Fortinet finally cops to critical make-me-admin bug under active exploitation
Summary
Fortinet has published an advisory for a critical FortiWeb path traversal vulnerability, now tracked as CVE-2025-64446, after third parties publicised a proof-of-concept and evidence of active exploitation. The bug allows unauthenticated attackers to execute administrative commands and add persistent administrator accounts on vulnerable FortiWeb appliances. Fortinet’s fix appears in FortiWeb 8.0.2, and CISA has added the CVE to its Known Exploited Vulnerabilities Catalog, but security researchers report that exploitation has been ongoing since early October and that many unpatched devices are likely compromised.

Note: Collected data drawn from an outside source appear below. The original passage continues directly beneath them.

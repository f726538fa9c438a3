//! The table.
ghost use Rattle.std.specs.Prelude.{◌≡◌, ℕ, None, length, slice_index};
ghost use Rattle.board_turns.specs.Books.{book_of, state_of};
ghost use Rattle.board_turns.specs.Turns.{IsListener};
ghost use Rattle.conn_machine.specs.Folds.{opening_record};
ghost use Rattle.conn_machine.specs.Made.{AreMade};
ghost use Rattle.conn_machine.specs.Sound.{IsSound};
ghost use Rattle.conn_machine.specs.declared.state.Going.TheVariants.{Serving};
ghost use Rattle.board_book.specs.Book.{row_in};
ghost use Rattle.listener_parts.specs.Rounds.{OpenedWithNone};
ghost use Rattle.listener_turns.specs.Folds.{HasDropped};

use crate::laws::table_rests_on_these;
use board::Board;
use board_lock::{Pass, Room};
use conn_machine::Going;
use conn_state::Known;
use listener_hands::WorksHere;
use listener_parts::Credits;
use mpm_base::{Bell, Gate, Link, Moment};
use std::marker::Model;
use worker_threads::Hands;

/// The board under its lock, as its listener has it.
#[derive(Drop)]
pub struct Table<'a, M: Room, L: Link, N: Known, B: Bell, G: Gate> {
    pub(crate) hands: &'a Hands<'a, M, L, N, B, G>,
    pub(crate) pass: Pass<Board<L, N>>,
    pub(crate) credits: Credits,
    pub(crate) works: WorksHere<'a, 'a, M, L, N, B, G>,
    pub(crate) moment: Moment,
    pub(crate) newest: u32,
    pub(crate) going: Going,
}

impl<'a, M: Room, L: Link, N: Known, B: Bell, G: Gate> Model for Table<'a, M, L, N, B, G> {
    ghost use Rattle.std.specs.Prelude.{◌≡◌};
    ghost use Rattle.table_rule.specs.declared.view.View.{View};
    ghost use Rattle.listener_table.specs.Table.{IsTable};

    ghost Value = { View };

    ghost view = { λ t. t.pass.seat.me.0 };

    ghost invariant = { λ t. (t.pass.seat.table_id ≡ M.table)
        × IsTable N.known t.pass.seat.me t.credits t.moment t.newest t.going };
}

impl<'a, M: Room, L: Link, N: Known, B: Bell, G: Gate> Table<'a, M, L, N, B, G> {
    /// The table of a lock that was just opened.
    pub fn make(
        hands: &'a Hands<'a, M, L, N, B, G>,
        pass: Pass<Board<L, N>>,
        works: WorksHere<'a, 'a, M, L, N, B, G>,
    ) -> Table<'a, M, L, N, B, G>
        requires own { pass.seat.table_id ≡ M.table }
        requires listener { IsListener pass.seat.me }
        requires none { pass.seat.me.0.row ≡ None }
        requires moment { (state_of pass.seat.me.0).moment ≡ 0 }
        requires newest { (state_of pass.seat.me.0).newest ≡ 0 }
        requires going { (state_of pass.seat.me.0).going ≡ Serving }
        requires credits { (child : ℕ) → slice_index pass.seat.me.0.credits child ≡ 0 }
        requires full { length pass.seat.me.0.credits ≡ 32 }
        requires opened { OpenedWithNone pass.seat.me.0 }
        requires sound { IsSound pass.seat.me.0.origin.state }
        requires dropped { HasDropped N.known pass.seat.me.0 }
        ensures { result ≡ pass.seat.me.0 }
    {
        Table {
            hands,
            pass,
            credits: Credits::none(),
            works,
            moment: 0,
            newest: 0,
            going: Going::Serving,
        }
    }

    /// What holds of each table: each entry that pass 0 has seen was made by its pass as it might be, from a sound state on, so the state behind
    /// them is sound; pass 0 has no connection, and no pass had one as the server opened. Does nothing.
    pub fn show(&self)
        ensures number { self.now.who.number ≡ 0 }
        ensures none { self.now.row ≡ None }
        ensures no_conns { OpenedWithNone self.now }
        ensures made { AreMade self.now.origin.state (opening_record self.now.origin.passes) self.now.seen }
        ensures opened { IsSound self.now.origin.state }
        ensures sound { IsSound (state_of self.now) }
        ensures row { row_in 0 (book_of self.now) ≡ None }
    {
        table_rests_on_these();
        let _ = &self.moment;
    }
}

Independent teams (watchTowr, Rapid7, Defused) reproduced the issue, released detection artefacts and PoCs, and observed indiscriminate, in-the-wild attacks focused on creating admin accounts. Rapid7 noted the patch in 8.0.2 may have inadvertently fixed the flaw; attackers often monitor software changes and may have weaponised the vulnerability quickly. At least ~80,000 FortiWeb units are internet-connected and potentially exposed.
Key Points
- CVE-2025-64446 is a critical FortiWeb path traversal that allows unauthenticated administrative actions and full takeover of affected devices.

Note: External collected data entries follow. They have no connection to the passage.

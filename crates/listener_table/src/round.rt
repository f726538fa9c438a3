//! The parts of a round.
ghost use Rattle.std.specs.Prelude.{◌≡◌, [], None, false, length, max, IfErr, OnErr, OnOk, true};
ghost use Rattle.board_book.specs.Faults.{IsRefusedFor};
ghost use Rattle.board_book.specs.Finds.{startable};
ghost use Rattle.board_book.specs.Moments.{moment_for};
ghost use Rattle.board_turns.specs.Books.{book_of, state_of};
ghost use Rattle.board_turns.specs.Carries.{Lasts};
ghost use Rattle.conn_machine.specs.Folds.{opening_record};
ghost use Rattle.conn_machine.specs.Frames.{frame_of};
ghost use Rattle.conn_machine.specs.Made.{AreMade};
ghost use Rattle.conn_machine.specs.States.{is_serving, is_staffed};
ghost use Rattle.listener_parts.specs.Did.{Did, LeavesAlone, StandsAs};
ghost use Rattle.listener_parts.specs.Letting.{LetsGo, LetsGoOfConns, LetsGoUntil, IsLateWay};
ghost use Rattle.listener_parts.specs.Times.{KeepsTime, MayPassTo, MaySignal};
ghost use Rattle.listener_parts.specs.Rounds.{IsRestedFor, PassesTime, RetiresSome, Signals, SignalsSome, StartsAtFirst, StartsEach, TicksAtOnce};

use crate::kept::{is_gone_with, moment_behind};
use crate::laws::table_rests_on_these;
use crate::table::Table;
use board::BoardFault;
use board_lock::Room;
use conn_state::Known;
use listener_parts::{
    let_go_of_conns, let_time_pass, retire_all, signal, start_first, start_further,
};
use listener_turns::take_look;
use mpm_base::{Bell, Gate, Link, Moment};
use std::sync::Wait;

impl<'a, M: Room, L: Link, N: Known, B: Bell, G: Gate> Table<'a, M, L, N, B, G> {
    /// The present moment.
    pub fn moment(&self) -> Moment
        ensures { result ≡ (state_of self.now).moment }
    {
        self.moment
    }

    /// Lets time pass to the moment, where that is later, and lets go of late connections before and behind that. Behind a rest nothing is
    /// done before.
    pub fn pass_time<R: Wait>(&mut self, rt: &R, moment: Moment) -> Result<(), BoardFault>
        ensures passes { OnOk result (PassesTime (moment_for moment) self.old self.new) }
        ensures refused { OnErr result (LetsGo IsLateWay self.old self.new) }
        ensures why { IfErr result (λ fault. IsRefusedFor fault (book_of self.new)) }
        ensures at_once { OnOk result
            (IsRestedFor (moment_for moment) self.old
            → TicksAtOnce (moment_for moment) self.old self.new) }
        ensures moment { OnOk result
            ((state_of self.new).moment ≡ max (state_of self.old).moment (moment_for moment)) }
        ensures rest { LeavesAlone (record (state_of self.old)
            { moment = (state_of self.new).moment }) (state_of self.new) }
        ensures stays { OnErr result (LeavesAlone (state_of self.old) (state_of self.new)) }
        ensures timely { MayPassTo (moment_for moment) (frame_of (state_of self.old))
            → KeepsTime self.old self.new }
        ensures number { self.new.who.number ≡ 0 }
        ensures made { AreMade self.new.origin.state
            (opening_record self.new.origin.passes) self.new.seen }
    {
        table_rests_on_these();
        let present = self.moment;
        let passed = let_time_pass(rt, self.hands.shared, &mut self.pass, present, moment);
        self.moment = moment_behind(present, moment, passed.is_ok());
        passed
    }

    /// Signals each of the slots that the table has.
    pub fn signal<R: Wait>(&mut self, rt: &R, slots: &[u32]) -> Result<(), BoardFault>
        ensures signals { OnOk result (Signals slots.now self.old self.new) }
        ensures some { OnErr result (SignalsSome slots.now self.old self.new) }
        ensures why { IfErr result (λ fault. IsRefusedFor fault (book_of self.new)) }
        ensures rest { LeavesAlone (state_of self.old) (state_of self.new) }
        ensures timely { MaySignal (frame_of (state_of self.old))
            → KeepsTime self.old self.new }
        ensures number { self.new.who.number ≡ 0 }
        ensures made { AreMade self.new.origin.state
            (opening_record self.new.origin.passes) self.new.seen }
    {
        table_rests_on_these();
        signal(rt, self.hands.shared, &mut self.pass, slots)
    }

    /// Lets go of connections that retire, where all that came was signalled, and of late ones, and drains those that linger.
    pub fn let_go_of_conns<R: Wait>(
        &mut self,
        rt: &R,
        all_signalled: bool,
    ) -> Result<(), BoardFault>
        ensures gone { OnOk result (LetsGoOfConns self.old self.new) }
        ensures until { IfErr result (λ fault. LetsGoUntil fault self.old self.new) }
        ensures rest { LeavesAlone (state_of self.old) (state_of self.new) }
        ensures lasts { IfErr result (λ fault. Lasts fault (state_of self.new)) }
        ensures timely { KeepsTime self.old self.new }
        ensures number { self.new.who.number ≡ 0 }
        ensures made { AreMade self.new.origin.state
            (opening_record self.new.origin.passes) self.new.seen }
    {
        table_rests_on_these();
        let_go_of_conns(rt, self.hands.shared, &mut self.pass, all_signalled)
    }

    /// Lets go of each child that stops and has no live connection, until one of which a permit is out.
    pub fn retire_all<R: Wait>(&mut self, rt: &R)
        ensures retires { RetiresSome self.old self.new }
        ensures rest { StandsAs (state_of self.old) (state_of self.new) }
        ensures timely { KeepsTime self.old self.new }
        ensures number { self.new.who.number ≡ 0 }
        ensures made { AreMade self.new.origin.state
            (opening_record self.new.origin.passes) self.new.seen }
    {
        table_rests_on_these();
        retire_all(
            rt,
            self.hands.shared,
            &mut self.pass,
            &mut self.credits,
            &mut self.works,
        );
    }

    /// Whether a graceful stop is at its end, or the server has stopped: it takes no connections, and each child is gone. Where it isn't so some
    /// child is there, or it takes connections.
    pub fn is_gone<R: Wait>(&mut self, rt: &R) -> bool
        ensures did { Did [] None self.old self.new }
        ensures rest { LeavesAlone (state_of self.old) (state_of self.new) }
        ensures gone { result ≡ true → is_serving (state_of self.new).going ≡ false }
        ensures empty { result ≡ true → is_staffed (state_of self.new) ≡ false }
        ensures staffed { result ≡ false
            → is_serving (state_of self.new).going ≡ false
            → is_staffed (state_of self.new) ≡ true }
        ensures timely { KeepsTime self.old self.new }
        ensures number { self.new.who.number ≡ 0 }
        ensures made { AreMade self.new.origin.state
            (opening_record self.new.origin.passes) self.new.seen }
    {
        table_rests_on_these();
        let look = take_look(rt, self.hands.shared, &mut self.pass);
        is_gone_with(look.going, look.staffed)
    }

    /// Starts the first children, all in one turn, and gives each its credit.
    pub fn start_first<R: Wait>(&mut self, rt: &R) -> Result<(), BoardFault>
        ensures first { StartsAtFirst self.old self.new }
        ensures rest { StandsAs (state_of self.old) (state_of self.new) }
        ensures all { OnOk result (startable (state_of self.new) ≡ None) }
        ensures why { IfErr result (λ fault. IsRefusedFor fault (book_of self.new)) }
        ensures timely { KeepsTime self.old self.new }
    {
        table_rests_on_these();
        start_first(rt, self.hands.shared, &mut self.pass, &mut self.credits)
    }

    /// Starts children while fewer run than should, and gives each its credit.
    pub fn start_further<R: Wait>(&mut self, rt: &R) -> Result<(), BoardFault>
        ensures starts { StartsEach self.old self.new }
        ensures rest { StandsAs (state_of self.old) (state_of self.new) }
        ensures all { OnOk result (startable (state_of self.new) ≡ None) }
        ensures why { IfErr result (λ fault. IsRefusedFor fault (book_of self.new)) }
        ensures timely { KeepsTime self.old self.new }
        ensures number { self.new.who.number ≡ 0 }
        ensures made { AreMade self.new.origin.state
            (opening_record self.new.origin.passes) self.new.seen }
    {
        table_rests_on_these();
        start_further(rt, self.hands.shared, &mut self.pass, &mut self.credits)
    }
}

- Fortinet released a fix in FortiWeb 8.0.2 and officially acknowledged exploitation only after PoCs and attack evidence circulated.
- CISA has added the CVE to its Known Exploited Vulnerabilities Catalog, raising urgency for defenders to act.

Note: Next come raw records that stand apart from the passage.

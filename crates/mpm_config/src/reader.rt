//! The reader of a text: its lines in order, each in the sections that are open before it.
ghost use Rattle.std.specs.Prelude.{◌≡◌, ◌<◌, ◌≤◌, ◌-◌, [], IfOk, length, slice_get};
ghost use Rattle.mpm_config.specs.Reading.{adds_names, adds_pairs, after_line, assigns, close_section, close_shown, hides, in_hiding, in_sight, may_open_host, open_host, open_section, open_by_guard, sets, settings_of, start};
ghost use Rattle.mpm_config.specs.HostName.{aliases_of};
ghost use Rattle.mpm_config.specs.SettingInside.{IsSettable};
ghost use Rattle.conf_text.specs.Words.{words};
ghost use Rattle.mpm_config.specs.ReadingInside.{IsAnswer, LeadsTo};
ghost use Rattle.mpm_config.specs.Setting.{assignment};
ghost use Rattle.type_words.specs.TypeWords.{pairs_of_words};

use crate::draft::Draft;
use crate::fault::ConfFault;
use crate::form::{Form, Kind, form_of};
use crate::host_draft::HostDraft;
use crate::setting::{Assigned, Setting, Wrong, read_assignment};
use mpm_base::NoMemory;
use std::alloc::Global;
use std::marker::Model;

/// A section that is open.
#[derive(Clone, Copy, Debug)]
pub struct Section {
    /// The number of the line that opens it.
    pub line: u64,
    /// Of which kind it is.
    pub kind: Kind,
    /// Whether its guard holds; in a part that is skipped no guard is asked, and it stands as held.
    pub shown: bool,
}

/// As many sections may be open at once.
pub const GREATEST_DEPTH: usize = 8;

/// So many sections of hosts there may be.
const MOST_HOSTS: usize = 64;

/// So many names may stand behind ServerAlias in the section of a host.
const MOST_ALIASES: usize = 64;

/// So many pairs of types there may be.
const MOST_PAIRS: usize = 1_024;

/// What the lines so far have set and opened.
#[derive(Debug, Drop)]
pub struct Reader {
    draft: Draft,
    host: Option<HostDraft>,
    sections: Vec<Section>,
}

impl Model for Reader {
    ghost use Rattle.mpm_config.specs.Reading.{Progress};
    ghost use Rattle.mpm_config.specs.ReadingInside.{MayAddHost};

    ghost Value = { Progress };

    ghost view = { λ r. record { settings = r.draft; host = r.host; sections = r.sections.items } };

    ghost invariant = { λ r. MayAddHost r.draft r.host };
}

impl Reader {
    /// The reader before the first line.
    pub fn start(alloc: Global) -> Result<Reader, NoMemory>
        ensures { IfOk result (λ r. r ≡ start) }
    {
        Ok(Reader {
            draft: Draft::initial(alloc)?,
            host: None,
            sections: Vec::new(alloc),
        })
    }

    /// Whether the guard of some open section does not hold.
    fn hides(&self) -> bool
        ensures { result ≡ hides self.now.sections }
    {
        self.sections.iter().any(|section| !section.shown)
    }

    /// Opens a section of the kind.
    fn open(&mut self, line: u64, kind: Kind, shown: bool) -> Result<(), ConfFault>
        ensures { LeadsTo (open_section line kind shown self.old) self.new result }
    {
        if self.sections.len() >= GREATEST_DEPTH {
            return Err(ConfFault::TooDeep(line));
        }
        match self.sections.push(Section { line, kind, shown }) {
            Ok(()) => Ok(()),
            Err(_) => Err(ConfFault::NoMemory),
        }
    }

    /// Opens a section by its guard.
    fn open_by(&mut self, line: u64, guard: Option<bool>) -> Result<(), ConfFault>
        ensures { LeadsTo (open_by_guard line guard self.old) self.new result }
    {
        match guard {
            Some(shown) => self.open(line, Kind::Module, shown),
            None => Err(ConfFault::BadSection(line)),
        }
    }

    /// Whether the section of a further host may open.
    fn may_open_host(&self, right: bool) -> bool
        ensures { result ≡ may_open_host right self.now }
    {
        right && self.host.is_none() && self.draft.host_count() < MOST_HOSTS
    }

    /// Opens the section of a host.
    fn open_host(&mut self, alloc: Global, line: u64, right: bool) -> Result<(), ConfFault>
        ensures { LeadsTo (open_host line right self.old) self.new result }
    {
        if !self.may_open_host(right) {
            return Err(ConfFault::BadSection(line));
        }
        self.host = Some(HostDraft::empty(alloc));
        self.open(line, Kind::Host, true)
    }

    /// Closes the innermost section, which is of that kind.
    fn close(&mut self, line: u64, kind: Kind) -> Result<(), ConfFault>
        ensures { LeadsTo (close_section line kind self.old) self.new result }
    {
        match self.innermost() {
            Some(section) if section.kind == kind => {
                self.sections.pop();
                Ok(())
            }
            _ => Err(ConfFault::BadSection(line)),
        }
    }

    /// Closes a section that is shown. The host of its section is then one of the hosts.
    fn close_shown(&mut self, line: u64, kind: Kind) -> Result<(), ConfFault>
        ensures { LeadsTo (close_shown line kind self.old) self.new result }
    {
        self.close(line, kind)?;
        if kind == Kind::Host {
            if let Some(host) = self.host.take() {
                if self.draft.add_host(host).is_err() {
                    return Err(ConfFault::NoMemory);
                }
            }
        }
        Ok(())
    }

    /// Sets what a value spells, of the host whose section is open, or outside of such sections.
    fn set(
        &mut self,
        alloc: Global,
        number: u64,
        setting: Setting,
        value: &str,
    ) -> Result<(), ConfFault>
        requires { IsSettable setting }
        ensures { LeadsTo (sets number self.old setting value.now self.old.host) self.new result }
    {
        match &mut self.host {
            Some(host) => match host.set(alloc, setting, value) {
                Ok(true) => Ok(()),
                Ok(false) => Err(ConfFault::BadSection(number)),
                Err(_) => Err(ConfFault::NoMemory),
            },
            None => match self.draft.set(alloc, setting, value) {
                Ok(()) => Ok(()),
                Err(_) => Err(ConfFault::NoMemory),
            },
        }
    }

    /// Adds the words of a line to the names of the host whose section is open.
    fn add_names(&mut self, alloc: Global, number: u64, line: &str) -> Result<(), ConfFault>
        ensures { LeadsTo
            (adds_names number self.old (aliases_of (words line.now)) self.old.host)
            self.new result }
    {
        let Some(host) = &mut self.host else {
            return Err(ConfFault::BadSection(number));
        };
        if host.add_aliases(alloc, line).is_err() {
            return Err(ConfFault::NoMemory);
        }
        if host.count() > MOST_ALIASES {
            return Err(ConfFault::BadValue(number));
        }
        Ok(())
    }

    /// Adds the pairs that the words of a line spell to those of the types, which are of the whole server.
    fn add_pairs(&mut self, alloc: Global, number: u64, line: &str) -> Result<(), ConfFault>
        ensures { LeadsTo
            (adds_pairs number self.old (pairs_of_words (words line.now)) self.old.host)
            self.new result }
    {
        if self.host.is_some() {
            return Err(ConfFault::BadSection(number));
        }
        if self.draft.add_pairs(alloc, line).is_err() {
            return Err(ConfFault::NoMemory);
        }
        if self.draft.pair_count() > MOST_PAIRS {
            return Err(ConfFault::BadValue(number));
        }
        Ok(())
    }

    /// Does what the line of a directive does.
    fn assign(&mut self, alloc: Global, number: u64, line: &str) -> Result<(), ConfFault>
        ensures { LeadsTo (assigns number self.old (assignment line.now)) self.new result }
    {
        match read_assignment(line) {
            Ok(Assigned::One(setting, value)) => self.set(alloc, number, setting, value),
            Ok(Assigned::Names(names)) => self.add_names(alloc, number, names),
            Ok(Assigned::Pairs(pairs)) => self.add_pairs(alloc, number, pairs),
            Err(Wrong::Name) => Err(ConfFault::UnknownDirective(number)),
            Err(Wrong::Value) => Err(ConfFault::BadValue(number)),
        }
    }

    /// Reads a line where all open sections are shown.
    fn read_in_sight(
        &mut self,
        alloc: Global,
        number: u64,
        line: &str,
        form: Form,
    ) -> Result<(), ConfFault>
        ensures { LeadsTo (in_sight self.old (record { number = number; bytes = line.now }) form)
            self.new result }
    {
        match form {
            Form::Blank => Ok(()),
            Form::Opening(guard) => self.open_by(number, guard),
            Form::OpeningHost(right) => self.open_host(alloc, number, right),
            Form::Closing(kind) => self.close_shown(number, kind),
            Form::ClosingWithWord | Form::OtherSection => Err(ConfFault::BadSection(number)),
            Form::Directive => self.assign(alloc, number, line),
        }
    }

    /// Reads a line in a part that is skipped.
    fn read_in_hiding(&mut self, number: u64, line: &str, form: Form) -> Result<(), ConfFault>
        ensures { LeadsTo (in_hiding self.old (record { number = number; bytes = line.now }) form)
            self.new result }
    {
        match form {
            Form::Opening(_) => self.open(number, Kind::Module, true),
            Form::OpeningHost(_) => self.open(number, Kind::Host, true),
            Form::Closing(kind) => self.close(number, kind),
            Form::ClosingWithWord => Err(ConfFault::BadSection(number)),
            Form::Blank | Form::OtherSection | Form::Directive => Ok(()),
        }
    }

    /// Reads a line. After a refusal the reader is used no more.
    pub fn read_line(&mut self, alloc: Global, number: u64, line: &str) -> Result<(), ConfFault>
        ensures { LeadsTo (after_line self.old (record { number = number; bytes = line.now }))
            self.new result }
    {
        let form = form_of(line);
        if self.hides() {
            self.read_in_hiding(number, line, form)
        } else {
            self.read_in_sight(alloc, number, line, form)
        }
    }

    /// The innermost section that is open.
    fn innermost(&self) -> Option<Section>
        ensures { result ≡ slice_get self.now.sections (length self.now.sections - 1) }
    {
        self.sections.last().copied()
    }

    /// What was set, where no section is open.
    pub fn finish(self) -> Result<Draft, ConfFault>
        ensures { IsAnswer (settings_of self []) result }
    {
        if let Some(section) = self.innermost() {
            return Err(ConfFault::Unclosed(section.line));
        }
        let Reader {
            draft,
            host,
            sections,
        } = self;
        Ok(draft)
    }
}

- Security teams (watchTowr, Rapid7, Defused) saw active exploitation from early October and published PoCs, detection artefacts and hunting guidance.
- Attackers observed are adding administrator accounts as a persistence mechanism — meaning patched devices may still be compromised if not checked for backdoors.
- Rapid7 warns the 8.0.2 fix may have been coincidental; attackers frequently analyse releases and fixes to discover exploitable changes.
Context and relevance
This is significant because FortiWeb is a web application firewall — a frontline defence for many organisations. A remotely exploitable vulnerability that grants admin privileges undermines trust in those defences and can be used to pivot, exfiltrate data or deploy ransomware. The incident also highlights two recurring problems: vendors sometimes patch silently (or fixes are uncommunicated), and threat actors rapidly weaponise PoCs or even changes in official releases. Organisations running FortiWeb must patch, inventory exposed devices, and hunt for unauthorised admin accounts or other persistence.
Why should I read this?
Short answer: because if you run FortiWeb (or manage network security), this could already be a live problem in your estate. Patch now, but don’t stop there — assume compromise, look for new admin accounts, and run the detection artefacts shared by security teams. If you don’t run FortiWeb, it’s still worth reading — the story is a reminder that fixes can leak clues and attackers move fast. We’ve saved you the digging: patches exist, PoCs exist, and active attacks are real.